While I stood there, trying to decide what to do, I heard the front door shut, the birds call out, and then my grandmother’s voice.
Fan-freaking-tastic. That was all I needed. Growing up, there had been a rule that I couldn’t have a boy in my bedroom. I didn’t know if that rule was still in effect. I’d never had an occasion before to test it.
“You have to go. And if we get downstairs and anybody I’m related to tries to invite you to dinner tonight, your answer is no. As Admiral Ackbar says—”
“It’s a trap?” he finished, and again that feeling from earlier returned, of being understood.
“My grandmother thinks she can cook, but what she makes is like what Satan would serve in hell if he was trying to torture people. And I tell you this because you do seem like a reasonably nice man, and I don’t think anyone should be subjected to it. And my grandfather thinks that it’s rude not to eat the food set in front of you, so you’ll be stuck eating it out of politeness. I have an iron stomach from many years of that kind of cuisine torture. The second I turned sixteen, I did my best to never be home during dinnertime again.”
“That was a pretty long explanation for ‘don’t eat dinner here.’”
“Brevity has never been my strong point. Come on.”
I didn’t really want to walk him to the door. He’d found his own way upstairs; he could do the same going out. But I couldn’t risk a Grandma confrontation. I hoped she would stay in her study and we’d make a clean getaway.
“Don’t step on that one.” I pointed at the third stair. “It creaks, and I’d like to sneak you past my quasi–parental units. The questions will be endless.”
“It’s nice that you have people who care about you.”

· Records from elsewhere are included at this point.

//! From keys to rows: what a key of `loc`, a key of `iloc` and a mask pick.
//!
//! [`loc_places`], [`listed_places`], [`iloc_places`] and [`mask_places`] answer row numbers and look at no column but
//! a mask's. The rules are those of the pandas user guide, "Indexing and selecting data" and "MultiIndex / advanced
//! indexing"; `meaning_pick` defines them. Axes have one to four levels.
//!
//! ```text
//! let key = LocKey::Span(Some(Tuple::of(alloc, &[Label::Int(2)])), None);
//! let from_two = loc_places(alloc, &dict, &axis, &key)?;
//! let backwards = iloc_places(alloc, axis.len(), &PosKey::Span(None, None, Some(-1)))?;
//! let kept = mask_places(alloc, &axis, &axis, mask.as_ref())?;
//! ```
#![tactic(auto)]

mod faults;
mod keys;
mod labels;
mod lists;
mod masks;
mod positions;
mod spans;

pub use keys::{KeyFault, LocKey, Picked, PosKey, Positions};
pub use labels::loc_places;
pub use lists::listed_places;
pub use masks::mask_places;
pub use positions::iloc_places;
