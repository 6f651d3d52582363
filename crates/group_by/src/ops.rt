// The reductions of groups, and why a call is refused.
ghost use Rattle.std.specs.Prelude.{◌≡◌};
ghost use Rattle.group_by.specs.declared.ops.GroupFault.TheVariants.{NoMemory as WantOfMemory};

use cell_core::NoMemory;

/// What is made of the present cells of a group.
#[derive(Clone, Copy, Debug, PartialEq, Eq)]
pub enum GroupOp {
    /// The sum, which wraps at 64 bits; True counts as 1, and 0 is the sum of none.
    Sum,
    /// The least cell; NA where none is present.
    Min,
    /// The greatest cell; NA where none is present.
    Max,
    /// How many there are.
    Count,
    /// The first cell; NA where none is present.
    First,
    /// The last cell; NA where none is present.
    Last,
    /// How many different ones there are.
    Distinct,
}

/// Why a call is refused.
#[derive(Clone, Copy, Debug, PartialEq, Eq)]
pub enum GroupFault {
    /// The operation doesn't take the kind.
    KindMismatch,
    /// Memory was refused.
    NoMemory,
}

impl From<NoMemory> for GroupFault {
    ghost from_gives = { λ _ e. e ≡ WantOfMemory };

    fn from(_: NoMemory) -> GroupFault {
        GroupFault::NoMemory
    }
}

The way he said that was so heartbreaking, so familiar, that I stumbled on the last step. Marco reached out and grabbed me, keeping me upright. The electricity returned, slamming into me and shorting out my breath.
“Are you okay?” he asked.
“Fine,” I said. “You can, um, let go.”
He released his hand in surprise, like he’d forgotten it was there. I didn’t know that I’d be able to forget, given that I was pretty sure his light handprint had made a permanent electricity-based imprint on my upper arm.
Residual alcohol effects, I reminded myself. It didn’t mean anything.
I had just put my hand on the front doorknob, rejoicing in my ability to get him out of the house without being caught, when my grandpa came strolling down the hallway toward the door. He beamed at both of us and said to Marco, “I see you found her okay.”